In particular, Kannappan [10] introduced the following mixed type quadratic-additive functional equation:

$$f(x+y+z)+f(x)+f(y)+f(z)=f(x+y)+f(y+z)+f(z+x)$$

(1.1)

and proved that a function on a real vector space is a solution of (1.1) if and only if there exist a symmetric biadditive function B and an additive function A such that $f(x)=B(x,x)+A(x)$. In addition, Jung [11] investigated the Hyers-Ulam stability of (1.1) on restricted domains and applied the result to the study of an interesting asymptotic behavior of the quadratic functions. More generally, Jun and Kim [12] solved the general solutions and proved the stability of the following functional equation, which is a generalization of (1.1):

$$f\left(\sum _{i=1}^n{x}_i\right)+(n-2)\sum _{i=1}^{n}f(x_i)=\sum _{1\le i<j\le n}f(x_i+x_j)(n>2).$$

Najati and Moghimi [13] introduced another mixed type quadratic-additive functional equation

$$f(2x+y)+f(2x-y)=f(x+y)+f(x-y)+2f(2x)-2f(x)$$

and investigated the generalized Hyers-Ulam-Rassias stability of this equation in quasi-Banach spaces.

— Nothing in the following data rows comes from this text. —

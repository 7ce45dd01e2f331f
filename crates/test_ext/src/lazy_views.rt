//! Tests of views, such as the intersection that `one.and(other)` returns. The expected values are
//! worked out by hand.

ghost use Rattle.std.specs.Prelude.{IsTrue};
ghost use Rattle.bittle.specs.Values.{ShapeFits};

use crate::calls::{
    BACK, FRONT, Ones, Question, ask_alone, ask_both, ask_either, ask_just_one, taken,
};
use crate::checks::same;
use bittle::{Bits, BitsOwned, LittleEndian, Set, Shape};
use bittle_ext::prelude::*;

// The answer to `Reading`: the capacity, how many bits are set, and the first and the last set bit.
type Read = (u32, u32, [Option<u32>; 2]);

// A question: the capacity of a view, how many of its bits are set, and the first and the last set
// bit.
#[derive(Drop)]
struct Reading;

impl Question for Reading {
    type Answer = Read;

    fn ask<V: View>(&self, view: &V) -> Read {
        let ends = [view.first_one(), view.last_one()];
        (view.bits_capacity(), view.count_ones(), ends)
    }
}

// A question: the first set bit and the first unset bit of a view.
#[derive(Drop)]
struct Firsts;

impl Question for Firsts {
    type Answer = [Option<u32>; 2];

    fn ask<V: View>(&self, view: &V) -> [Option<u32>; 2] {
        [view.first_one(), view.first_zero()]
    }
}

// A question: whether all bits of a view are unset, and whether all are set.
#[derive(Drop)]
struct Whole;

impl Question for Whole {
    type Answer = (bool, bool);

    fn ask<V: View>(&self, view: &V) -> (bool, bool) {
        (view.all_zeros(), view.all_ones())
    }
}

// A question: whether each of two bits of a view is set.
#[derive(Drop)]
struct Tested([u32; 2]);

impl Question for Tested {
    type Answer = [bool; 2];

    fn ask<V: View>(&self, view: &V) -> [bool; 2] {
        [view.test_bit(self.0[0]), view.test_bit(self.0[1])]
    }
}

// Asks a question of the complement of a set.
fn ask_unset<B: Bits, Q: Question>(question: &Q, set: &B) -> Q::Answer
    requires { ShapeFits B.Shape set.now }
{
    question.ask(&set.complement_view())
}

// Asks a question of the view of a range of a set.
fn ask_within<B: Bits, Q: Question>(question: &Q, set: &B, from: u32, to: u32) -> Q::Answer
    requires { ShapeFits B.Shape set.now }
{
    question.ask(&set.within(from, to))
}

// Reads the intersection of two sets, and the members that only the first one has.
fn read_both_and_alone<A: Bits, B: Bits>(one: &A, other: &B) -> [Read; 2]
    requires one_fits { ShapeFits A.Shape one.now }
    requires other_fits { ShapeFits B.Shape other.now }
{
    [
        ask_both(&Reading, one, other),
        ask_alone(&Reading, one, other),
    ]
}

#[test]
fn a_byte_and_a_wider_word(rt: HostRuntime) {
    // `byte` has the members 0 and 1, and `word` has 1, 2 and 8.
    let (byte, word) = (0b0011u8, 0x0106u16);
    let [both, alone] = read_both_and_alone(&byte, &word);
    same!(rt; (both, alone), ((8, 1, [Some(1), Some(1)]), (8, 1, [Some(0), Some(0)])));
    let [both, alone] = read_both_and_alone(&word, &byte);
    same!(rt; (both, alone), ((16, 1, [Some(1), Some(1)]), (16, 2, [Some(2), Some(8)])));
    same!(rt; ask_either(&Reading, &byte, &word), (16, 4, [Some(0), Some(8)]));
    same!(rt; ask_just_one(&Reading, &word, &byte), (16, 3, [Some(0), Some(8)]));
}

#[test]
fn a_capacity_that_is_rounded_up(rt: HostRuntime) {
    // `word` has the member 31, and `bytes`, whose capacity is 40, has 24, 31 and 32.
    let (word, bytes) = (0x8000_0000u32, [0u8, 0, 0, 0x81, 1]);
    same!(rt; ask_either(&Reading, &word, &bytes), (64, 3, [Some(24), Some(32)]));
    same!(rt; ask_either(&Tested([40, 96]), &word, &bytes), [false, true]);
    same!(rt; ask_just_one(&Reading, &word, &bytes), (64, 2, [Some(24), Some(32)]));
}

// Asks a question of the union of two sets that have the same word type.
fn ask_either_like<A: Bits, B: Bits + Shape<LeafWord = A::LeafWord>, Q: Question>(
    question: &Q,
    one: &A,
    other: &B,
) -> Q::Answer
    requires one_fits { ShapeFits A.Shape one.now }
    requires other_fits { ShapeFits B.Shape other.now }
{
    question.ask(&one.or(other))
}

// Asks a question of the symmetric difference of two sets that have the same word type.
fn ask_just_one_like<A: Bits, B: Bits + Shape<LeafWord = A::LeafWord>, Q: Question>(
    question: &Q,
    one: &A,
    other: &B,
) -> Q::Answer
    requires one_fits { ShapeFits A.Shape one.now }
    requires other_fits { ShapeFits B.Shape other.now }
{
    question.ask(&one.xor(other))
}

// Reads the union and the symmetric difference of two sets that have the same word type.
fn read_like<A: Bits, B: Bits + Shape<LeafWord = A::LeafWord>>(one: &A, other: &B) -> [Read; 2]
    requires one_fits { ShapeFits A.Shape one.now }
    requires other_fits { ShapeFits B.Shape other.now }
{
    [
        ask_either_like(&Reading, one, other),
        ask_just_one_like(&Reading, one, other),
    ]
}

#[test]
fn like_words_in_unlike_orders(rt: HostRuntime) {
    // `byte` has the members 0 and 1, and the little-endian `set` has 1 and 7.
    let (byte, set): (u8, Set<u8, LittleEndian>) = (0b0011, Set::new_le(0b0100_0001));
    let [either, one] = read_like(&byte, &set);
    same!(rt; (either, one), ((8, 3, [Some(0), Some(7)]), (8, 2, [Some(0), Some(7)])));
    same!(rt; ask_either_like(&Ones([BACK]), &set, &byte), [Some(7)]);
}

// Asks a question of an empty view: the intersection of a set with itself, minus the set.
fn ask_common_alone<B: Bits, Q: Question>(question: &Q, row: &B) -> Q::Answer
    requires { ShapeFits B.Shape row.now }
{
    ask_alone(question, &row.and(row), row)
}

#[test]
fn rows_of_unlike_lengths(rt: HostRuntime) {
    // `byte` has the members 1 and 2, and `row` has 0, 2 and 8.
    let (byte, row) = (0b0110u8, [0b0101u8, 1]);
    let [either, one] = read_like(&byte, &row);
    same!(rt; (either, one), ((16, 4, [Some(0), Some(8)]), (16, 3, [Some(0), Some(8)])));
    let [_, one] = read_like(&row, &byte);
    same!(rt; one, (16, 3, [Some(0), Some(8)]));
    same!(rt; ask_just_one_like(&Firsts, &row, &byte), [Some(0), Some(2)]);
    same!(rt; ask_alone(&Whole, &row, &byte), (false, false));
    same!(rt; ask_common_alone(&Whole, &row), (true, false));
}

// Returns whether the difference of `full` and `row` is empty, and the first member of this
// difference. Then returns whether all bits of the intersection are set, and how many are set.
fn compared<B: Bits>(full: &B, row: &B) -> (bool, Option<u32>, bool, u32)
    requires full_fits { ShapeFits B.Shape full.now }
    requires row_fits { ShapeFits B.Shape row.now }
{
    let ((none, _), (_, all)) = (ask_alone(&Whole, full, row), ask_both(&Whole, full, row));
    let [(_, count, _), (_, _, ends)] = read_both_and_alone(full, row);
    (none, ends[0], all, count)
}

#[test]
fn many_words_at_once(rt: HostRuntime) {
    // `row` differs from `full` in just one byte. This byte is each of the eleven in turn: one of
    // the first four, then one of the next four, and then one of the last three.
    let full = [255u8; 11];
    for place in 0..11u32 {
        let mut row = [255u8; 11];
        row[place as usize] = 0xEF;
        same!(rt; compared(&full, &row), (false, Some(place * 8 + 4), false, 87));
    }
    same!(rt; compared(&full, &full), (true, None, true, 88));
}

// Counts the set bits of the complement of the complement of a set.
fn count_twice_unset<B: Bits>(set: &B) -> u32
    requires { ShapeFits B.Shape set.now }
{
    let (_, count, _) = ask_unset(&Reading, &set.complement_view());
    count
}

#[test]
fn a_complement(rt: HostRuntime) {
    // Bits 1 and 3 are unset.
    let word = 0b1111_0101u8;
    same!(rt; ask_unset(&Reading, &word), (8, 2, [Some(1), Some(3)]));
    same!(rt; count_twice_unset(&word), 6);
    same!(rt; ask_unset(&Tested([1, 2]), &word), [true, false]);
    same!(rt; ask_unset(&Whole, &0xFFu8), (true, false));
    same!(rt; ask_unset(&Whole, &0u8), (false, true));
}

// Makes a little-endian set. Counts the set bits of a range, and returns the first set bit of
// another range.
fn count_and_first_of_left<T: BitsOwned>(left: T) -> (u32, Option<u32>)
    requires { IsTrue T.indexable }
{
    let set = Set::new_le(left);
    let (_, count, _) = ask_within(&Reading, &set, 0, 8);
    let (_, _, ends) = ask_within(&Reading, &set, 1, 9);
    (count, ends[0])
}

#[test]
fn a_range(rt: HostRuntime) {
    // Bits 1, 5, 6 and 8 are set.
    let row = [0b0110_0010u8, 1];
    same!(rt; ask_within(&Reading, &row, 5, 8), (16, 2, [Some(5), Some(6)]));
    same!(rt; ask_within(&Reading, &row, 0, 16), (16, 4, [Some(1), Some(8)]));
    same!(rt; ask_within(&Reading, &row, 3, 3), (16, 0, [None, None]));
    same!(rt; ask_within(&Whole, &row, 2, 5), (true, false));
    same!(rt; ask_within(&Whole, &row, 1, 2), (false, false));
    same!(rt; ask_within(&Tested([6, 8]), &row, 5, 8), [true, false]);
    // In little-endian order, bits 0 and 8 are set.
    same!(rt; count_and_first_of_left([0x80u8, 0x80]), (1, Some(8)));
}

// Counts the set bits of a view below index 6, and returns where its first run of four set bits
// begins.
#[derive(Drop)]
struct BelowSixAndRun;

impl Question for BelowSixAndRun {
    type Answer = (u32, Option<u32>);

    fn ask<V: View>(&self, view: &V) -> (u32, Option<u32>) {
        (view.within(0, 6).count_ones(), view.first_one_run(4))
    }
}

// A question: the first set bit that an iterator over a view yields in little-endian order.
#[derive(Drop)]
struct FirstFromLeft;

impl Question for FirstFromLeft {
    type Answer = [Option<u32>; 1];

    fn ask<V: View>(&self, view: &V) -> [Option<u32>; 1] {
        taken(&mut Set::new_le(*view).iter_ones(), [FRONT])
    }
}

// Asks a question of a difference: the members of `one` in a range, minus those of `other`.
fn ask_alone_within<A: Bits, B: Bits, Q: Question>(
    question: &Q,
    one: &A,
    other: &B,
    from: u32,
    to: u32,
) -> Q::Answer
    requires one_fits { ShapeFits A.Shape one.now }
    requires other_fits { ShapeFits B.Shape other.now }
{
    ask_alone(question, &one.within(from, to), other)
}

#[test]
fn views_of_views(rt: HostRuntime) {
    // `one` has the members 1, 5, 6 and 9, and `other` has 5, 6 and 7.
    let (one, other) = (0x0262u16, 0xE0u8);
    same!(rt; ask_both(&BelowSixAndRun, &one, &other), (1, None));
    let (_, _, ends) = ask_alone_within(&Reading, &one, &other, 0, 9);
    same!(rt; ends[0], Some(1));
    same!(rt; ask_alone_within(&Whole, &one, &other, 5, 7), (true, false));
    same!(rt; ask_unset(&BelowSixAndRun, &one), (4, Some(10)));
    same!(rt; ask_both(&FirstFromLeft, &one, &other), [Some(9)]);
}

#[test]
fn capacity_0(rt: HostRuntime) {
    let none: [u64; 0] = [];
    let empty = (true, true);
    same!(rt; ask_both(&Reading, &none, &0xFFu8), (0, 0, [None, None]));
    same!(rt; ask_either_like(&Reading, &none, &none), (0, 0, [None, None]));
    same!(rt; (ask_unset(&Whole, &none), ask_within(&Whole, &none, 0, 0)), (empty, empty));
    same!(rt; ask_alone(&Tested([3, 0]), &none, &7u8), [false, false]);
    same!(rt; ask_just_one(&Tested([7, 0]), &none, &0x80u8), [true, false]);
}

#[test]
fn a_slice(rt: HostRuntime) {
    let words = [1u64, 0, 0, 0, 0, 1 << 63];
    let slice: &[u64] = &words[..5];
    same!(rt; ask_both(&Reading, &slice, &words), (320, 1, [Some(0), Some(0)]));
    same!(rt; ask_alone(&Reading, &words, &slice), (384, 1, [Some(383), Some(383)]));
    same!(rt; ask_unset(&Reading, &slice), (320, 319, [Some(1), Some(319)]));
}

In this paper, we introduce the following quadratic-additive functional equation:

$$\begin{array}{r}9f\left(\frac{x+y+z}{3}\right)+4[f\left(\frac{x-y}{2}\right)+f\left(\frac{y-z}{2}\right)+f\left(\frac{z-x}{2}\right)]\\ =3[f(x)+f(y)+f(z)]\end{array}$$

(1.2)

to establish the general solutions and stability problems of this equation. For real vector spaces X and Y, we prove in Section 2 that a mapping $f:X\to Y$ satisfies (1.2) if and only if there exist a quadratic mapping $Q:X\to Y$ satisfying

$$Q(x+y)+Q(x-y)=2Q(x)+2Q(y)$$

(1.3)

and an additive mapping $A:X\to Y$ satisfying

$$A(x+y)=A(x)+A(y)$$

(1.4)

such that

$$f(x)=Q(x)+A(x)$$

for all $x\in X$. We refer to [14–24] for the stability results of other mixed type functional equations. In Section 3, we prove the generalized Hyers-Ulam-Rassias stability of (1.2) in Banach spaces.

2 General solutions of (1.2)

Throughout this section, X and Y will be real vector spaces. In order to solve the general solutions of (1.2), we need the following two lemmas.

Lemma 2.1 If an even mapping $f:X\to Y$ satisfies (1.2) for all $x,y\in X$, then f is quadratic.

Proof Putting $x=y=z=0$ in (1.2), we have $f(0)=0$. Putting $z=-x$ in (1.2) yields

$$9f\left(\frac{y}{3}\right)+4[f\left(\frac{x-y}{2}\right)+f\left(\frac{x+y}{2}\right)+f(x)]=6f(x)+3f(y)$$

(2.1)

for all $x,y\in X$. Replacing y with x in (2.1) gives

$$9f\left(\frac{x}{3}\right)=f(x)$$

(2.2)

for all $x\in X$. Putting $y=0$ in (2.1), we have

$$4f\left(\frac{x}{2}\right)=f(x)$$

(2.3)

for all $x\in X$. Using (2.2) and (2.3), we can rewrite (1.2) as

$$f(x+y+z)+f(x-y)+f(y-z)+f(z-x)=3[f(x)+f(y)+f(z)]$$

(2.4)

for all $x,y,z\in X$. Putting $z=0$ in (2.4), we obtain

$$f(x+y)+f(x-y)=2f(x)+2f(y)$$

for all $x,y\in X$. □

Lemma 2.2 If an odd mapping $f:X\to Y$ satisfies (1.2) for all $x,y\in X$, then f is additive.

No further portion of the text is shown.